The release of Anthropic's Fable 5 is interesting in that it doesn't let the powerful model handle all the tasks on its own; for topics like cybersecurity or biology, where "state-of-the-art" knowledge could be misused, Fable automatically hands off queries to the weaker Opus 4.8. In order to ensure sensitive data doesn't fall into the wrong hands, Claude essentially "dumbs down" its answers.
Now, it goes without saying that in the world of agentic systems, lessening the power of an LLM to perform a task seems nonsensical… or does it?
It's a valid concern. Giving an LLM both the power to think through a plan and execute it introduces plenty of places where, when the model retrieves data, bad actors can infiltrate the instructions and pull out sensitive information. An innocuous prompt like "Email George our confidential meeting notes" can be corrupted just by replacing "George" with "attacker."
Dual Philosophy
Returning to the original prompt, "Email George our confidential meeting notes", defines a control flow and data flow for the agent. The model must find where the meeting notes are, fetch the document, find George's email address, and finally send the document to George. Attackers leverage this system by inserting new instructions into the entry points of data that divert the data flow entirely, altering the plan to do a different task.
Most researchers try to improve the model itself (check out Noah's post on AgentDojo), either by using delimiters to mark where malicious instructions lie or by training the model to recognize malicious instructions in the first place, both of which fail to guarantee security against current and future methods of attack.
In contrast, Debenedetti and colleagues built upon a dual LLM pattern proposed by Simon Willison two years prior. An agent's task is split between a Privileged LLM (P-LLM) and Quarantined LLM (Q-LLM). The former sees the user's query and writes a Python program to perform the tasks. The latter goes out on behalf of the P-LLM to take unstructured data (the notes or the database of emails) and extracts data from them, sending them as parameters for the P-LLM to do its work. Importantly, neither the P-LLM or Q-LLM overstep one another, ensuring that the data flow between them isn't another entry point for attackers.
As Debenedetti discovered, even though the plan was left uncorrupted via the dual LLM system, nothing stopped attackers from modifying the parameters themselves. Indeed, while the dual LLM model could guarantee a document would be sent to an email, modifying the unstructured data the Q-LLM consumes could easily change "George" to "attacker" as mentioned before. The P-LLM would faithfully send out the document to the email address specified by the Q-LLM none the wiser of an attack.
CaMeL is a hard-coded system that guards these parameters. Through a custom Python interpreter, CaMeL audits every value in the P-LLMs program and assigns each of them capabilities, or tags that details the origin and editors of the data. CaMeL flags when an untrusted author or piece of text is found and directs it the user's way. Before any tool fires, a policy checks the capabilities of its arguments.
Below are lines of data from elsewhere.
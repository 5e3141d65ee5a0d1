//! Both cores, and the frames that they have made.

use crate::event::event_of;
use crate::post::Post;
use crate::print::frame_onto;
use crate::station::Station;
use lat_base::{Addr, Event, Memory, OutBox, Payload};
use lat_script::{Pair, ScriptFault, answer_onto, choice};
use std::alloc::Global;

/// The one core or the other.
#[derive(Clone, Copy)]
pub enum Side {
    Server,
    Node,
}

/// The core that this word means.
pub fn side_at(line: &str, place: u8) -> Result<Side, ScriptFault> {
    if choice(Pair::Cores, line, place)? {
        Ok(Side::Server)
    } else {
        Ok(Side::Node)
    }
}

/// A frame that was made.
#[derive(Drop)]
pub struct Frame {
    pub by: Side,
    pub to: Addr,
    pub payload: Payload,
}

/// A server and a node.
#[derive(Drop)]
pub struct Play<S: Station, N: Station> {
    pub server: Post<S>,
    pub node: Post<N>,
    pub frames: Vec<Frame>,
    /// The latest moment that a core was given.
    pub latest: u64,
}

impl<S: Station, N: Station> Play<S, N> {
    /// Tells a core an event, and prints the answer and the frames that it makes.
    pub fn step(
        &mut self,
        alloc: Global,
        side: Side,
        event: &Event,
        text: &mut String,
    ) -> Result<(), Memory> {
        let mut out = OutBox::make(alloc)?;
        let answer = match side {
            Side::Server => self.server.step(alloc, event, &mut out)?,
            Side::Node => self.node.step(alloc, event, &mut out)?,
        };
        answer_onto(alloc, text, &answer)?;
        self.keep(alloc, side, &out, text)
    }

    // Keeps and prints the frames of a step.
    fn keep(
        &mut self,
        alloc: Global,
        by: Side,
        out: &OutBox,
        text: &mut String,
    ) -> Result<(), Memory> {
        for frame in out.frames() {
            frame_onto(alloc, text, self.frames.len(), frame)?;
            self.frames.push(Frame {
                by,
                to: frame.to,
                payload: frame.payload.copy(),
            })?;
        }
        Ok(())
    }

    /// The event that a line tells a core.
    pub fn event(
        &mut self,
        alloc: Global,
        side: Side,
        line: &str,
        text: &mut String,
    ) -> Result<(), ScriptFault> {
        let event = event_of(alloc, line, self.server.own())?;
        if let Event::Time { now } = &event {
            self.latest = self.latest.max(*now);
        }
        Ok(self.step(alloc, side, &event, text)?)
    }
}
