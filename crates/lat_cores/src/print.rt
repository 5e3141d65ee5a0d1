//! Frames and books in words.

use lat_base::{LineBook, LineSession, Memory, OutFrame};
use lat_queue::Record;
use lat_script::{end_onto, kept_onto, totals_onto};
use lat_seq::Span;
use lat_show::payload_onto;
use lat_text::{address_onto, name_onto};
use std::alloc::{AllocError, Global};

/// Adds a frame of this number to the text: its mark, where it goes, its circuit, and what is shown of it.
pub fn frame_onto(
    alloc: Global,
    text: &mut String,
    number: usize,
    frame: &OutFrame,
) -> Result<(), Memory> {
    lat_script::frame_onto(text, number as u64, frame.mark)?;
    text.push_str(" to ")?;
    address_onto(text, frame.to)?;
    let circuit = frame.circuit;
    write!(text, " circuit {circuit}\n")?;
    payload_onto(alloc, text, frame.payload.bytes())
}

/// The word of a circuit's span.
pub fn span_word(span: Option<Span>) -> &'static str {
    match span {
        Some(Span::Byte) => "byte\n",
        Some(Span::Word) => "word\n",
        None => "none\n",
    }
}

/// The line of an answer that is yes or no.
pub fn yes_word(yes: bool) -> &'static str {
    if yes { "yes\n" } else { "no\n" }
}

// Adds the ids of a session's circuit, and of the session, at both ends.
fn ids_onto(text: &mut String, session: &LineSession) -> Result<(), AllocError> {
    let (circuit, id) = (session.circuit, session.session);
    write!(text, " circuit {circuit} session {id}")?;
    let (circuit, id) = (session.peer_circuit, session.peer_session);
    write!(text, " at the peer {circuit} {id}")
}

fn session_onto(text: &mut String, session: &LineSession) -> Result<(), Memory> {
    let number = session.number;
    write!(text, "number {number} peer ")?;
    address_onto(text, session.peer)?;
    ids_onto(text, session)?;
    text.push_str(" ")?;
    totals_onto(text, u64::from(session.given), u64::from(session.used))?;
    text.push_str(" end ")?;
    match session.end {
        Some(end) => Ok(end_onto(text, end)?),
        None => Ok(text.push_str("open\n")?),
    }
}

fn maybe_session_onto(text: &mut String, session: Option<LineSession>) -> Result<(), Memory> {
    match session {
        Some(session) => session_onto(text, &session),
        None => Ok(text.push_str("none\n")?),
    }
}

/// Adds the last two sessions of a line to the text.
pub fn book_onto(text: &mut String, book: Option<LineBook>) -> Result<(), Memory> {
    let Some(book) = book else {
        return Ok(text.push_str("no-line\n")?);
    };
    text.push_str("present ")?;
    maybe_session_onto(text, book.present)?;
    text.push_str("last ")?;
    maybe_session_onto(text, book.last)
}

/// Adds a request's record to the text.
pub fn record_onto(text: &mut String, record: Option<Record>) -> Result<(), Memory> {
    let Some(record) = record else {
        return Ok(text.push_str("none\n")?);
    };
    name_onto(text, &record.key.node)?;
    let (incarnation, request) = (record.key.incarnation, record.key.request);
    write!(text, " {incarnation} {request} ")?;
    name_onto(text, &record.service)?;
    text.push_str(" ")?;
    kept_onto(text, record.kept)?;
    match record.grant {
        Some(grant) => write!(text, " grant {grant}\n")?,
        None => text.push_str("\n")?,
    }
    Ok(())
}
The confidential file is tagged "readable by people it's shared with"; the attacker's address isn't on that list; the send is blocked. No model judgment involved. The check is mechanical, which is exactly why it holds when the model doesn't.
The Catch
CaMeL isn't perfect, by any means. Debenedetti explicitly points to several points the system doesn't excel at and points the system wasn't designed for in the first place.
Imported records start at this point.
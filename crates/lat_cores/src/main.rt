//! Runs a written script over one server core and one node core, event by event, and prints what each answers and every frame
//! that it makes. Its stored run (`stdin`, `stdout`) is how the worked examples of both cores are seen to hold: what stands in
//! `stdout` was worked out from the rules in docs/PROTOCOL.md and docs/FORMATS.md.
//!
//! A script is a list of blocks with an empty line between them. Each begins anew: its lines up to `go` say what both cores
//! are made of, those behind it are events and questions. A line is words with a blank between them. A line that begins with
//! `#` is printed as it is; of another one the line itself is printed behind `> `, and then what it answers. The cores are `s`,
//! the server, and `n`, the node. Moments are milliseconds; an address is twelve hex digits.
//!
//! Numbers are in decimal, without a sign or a needless 0. In front of `go` the LINES of the server are 1 to 32 and those of the
//! node 1 to 64, each TIMER of a circuit is 1 to 100, that of the node and KEEPALIVE 1 to 255, SESSIONS 1 to 64, CEILING 1 to 15,
//! the N of `first` 1 to 65,535, and the LINE of an offer is one of the server's. Moments, frames and records, FROM and the N of `draw` are below 2^64, TO is
//! 65,536 at most, circuits, ids of requests, INCARNATION and each other N 65,535 at most, and what is left 255. E is `s` or `n`;
//! a mask of groups has at most 64 hex digits, and a setting ten. Of a line with another word there, with another word than a
//! name or an address where one is wanted, with an odd number of hex digits, or whose word is no command, no event and no question
//! below, nothing is done, and a line follows it that says which of its words it is and what that isn't: `line 7 word 3 isn't a
//! number up to 255`, `line 7 word 2 isn't s or n`, `line 7 word 1 isn't a command`. Lines of the script and words of the line are
//! counted from 1.
//!
//! | Line before `go` | Says |
//! |---|---|
//! | `server ADDRESS NAME LINES` | the server, without an offer |
//! | `node ADDRESS NAME LINES INCARNATION TIMER` | the node |
//! | `circuit TIMER KEEPALIVE SESSIONS EXTRA CEILING` (and perhaps `word`, or `byte`, which is the same as nothing) | the timing of both |
//! | `prompt E` | this core's end is prompt |
//! | `first E N` | the id of this core's first circuit, without it 1 |
//! | `groups SERVER NODE` | the groups that the server listens to, and the mask of the node's announcements, in hex; without it all groups, and the empty mask |
//! | `service NAME` | the node offers it; 32 at most |
//! | `offer LINE NAME` | the server's line offers it; a line offers once |
//!
//! | Event | Does |
//! |---|---|
//! | `s EVENT`, `n EVENT` | tells the core: `time T`, `connect LINE NAME`, `put LINE HEX`, `fill LINE N` (N bytes 61 hex), `set LINE HEX`, `take LINE N`, `attend LINE FLAG`, `close LINE`, `request ID NAME` (of this server, or of the one whose address stands behind), `cancel ID`, `announce`, `avoid LINE`, `ready LINE R` (1 where it is ready, 0 where it isn't), `halt` |
//! | `deliver I [T]` | hands frame I to the core that it was sent to, as from its sender's address, at T or at the latest moment so far |
//! | `inject E ADDRESS HEX [T]` | hands a payload to core E as from this address |
//! | `announcers N` | hands the server the announcements of N nodes, and prints the last answer |
//! | `askers FROM TO NAME` | hands the server the commands by which node N1 at 02000000000a asks for the service under each request id from FROM to one less than TO, and prints the last answer |
//! | `draw N NAME` | so many times connects the server's line 1 to the service and ends its circuit by a STOP from the node's address; prints the last answer |
//! | `pump PATTERN` | puts 1,000 bytes at line 1 of both, then gives both a moment 80 ms on, delivers each frame, and takes at both, until all have come or 20,000 rounds have passed. PATTERN is a number, whose digits say in turn how often a frame is delivered. Prints the rounds, the frames made and delivered, and whether the items are the bytes that were put, in order |
//!
//! | Question | Tells |
//! |---|---|
//! | `state E LINE`, `waiting E LINE`, `book E LINE` | the session of a line, its items that wait, and its last two sessions |
//! | `moment E`, `finished E`, `used` | a core's moment, its sessions that have become free, and the node's lines that have a session |
//! | `names E ADDRESS TO FROM`, `span E CIRCUIT` | whether a RUN names a living circuit, and how far a circuit's numbers count |
//! | `record I` | the server's record of a request |
//!
//! Frames are numbered from 0 in the order in which they are made, at either core; those of `announcers`, `askers`, `draw` and `pump`
//! aren't kept. Of each the program prints its number, its mark (`fresh`, `again` with how far its number lies below the
//! newest, `bare`, `plain`), where it is sent and its circuit's id at the sender, and then what `lat show` prints of it.
#![tactic(auto)]

mod draw;
mod event;
mod hear;
mod play;
mod post;
mod print;
mod pump;
mod script;
mod setup;
mod station;
mod tell;

use lat_outside::{StdSink, StdSource};
use lat_script::run;
use script::played;
use std::io;
use std::process::ExitCode;

fn main(rt: HostRuntime) -> ExitCode {
    let mut source = StdSource::new(rt.stdin());
    let mut sink = StdSink::new(io::writer(&rt));
    ExitCode::from(run(rt.alloc(), played, &mut source, &mut sink))
}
The tool cannot address attacks that take place outside of both control and data flows: text-to-text attacks or queries by users that don't make "smart" prompts. If a user asks a CaMeL-reinforced system to read and perform tasks from random emails, CaMeL might not have the capabilities to explicitly reject phishing emails; that responsibility remains with the user alone.
CaMeL also faces certain structural problems, such as the "data requires action" failure. If a prompt asks the P-LLM to perform all the actions from a certain email address, the P-LLM cannot generate a plan to accomplish those actions, since the email itself is untrusted data! This compounds on the issue of the Q-LLM not having enough context to perform data extraction, grinding the whole system to a halt. As mentioned before, having the Q-LLM ask the P-LLM for additional context could serve as a venue for prompt injection attacks. Of course, mitigating these issues is simply a matter of improving prompts, but these issues surfaced by Debenedetti highlight a significant limitation of the dual-LLM process as a whole, not just CaMeL. Finally, capability tagging is expensive! The CHERI example, where the team tried to implement a capabilities-based system, required a total overhaul of the security system and redesign of the software-hardware stack, marking CaMeL as fundamentally unfeasible for large-scale systems in its current form.
Thread
CaMeL is a novel technique and excels at eradicating the control-and-data-flow vulnerabilities that attackers once preyed on. But the authors recognize the limitations and the role CaMeL will play in the road to eliminating prompt injection attacks. Among the future directions include using a different programming language than Python, such as Haskell, to get around exceptions, and moving towards formal verification of CaMeL to show the framework is faultless.
Personally, upon seeing the flaws of the dual LLM pattern, I think that future steps should include safeguards against poor prompting to prevent phishing attacks and getting around the "data requires action" problem, a problem easier stated than solved. LLMs have been given seatbelts now, but now we must implement the airbags.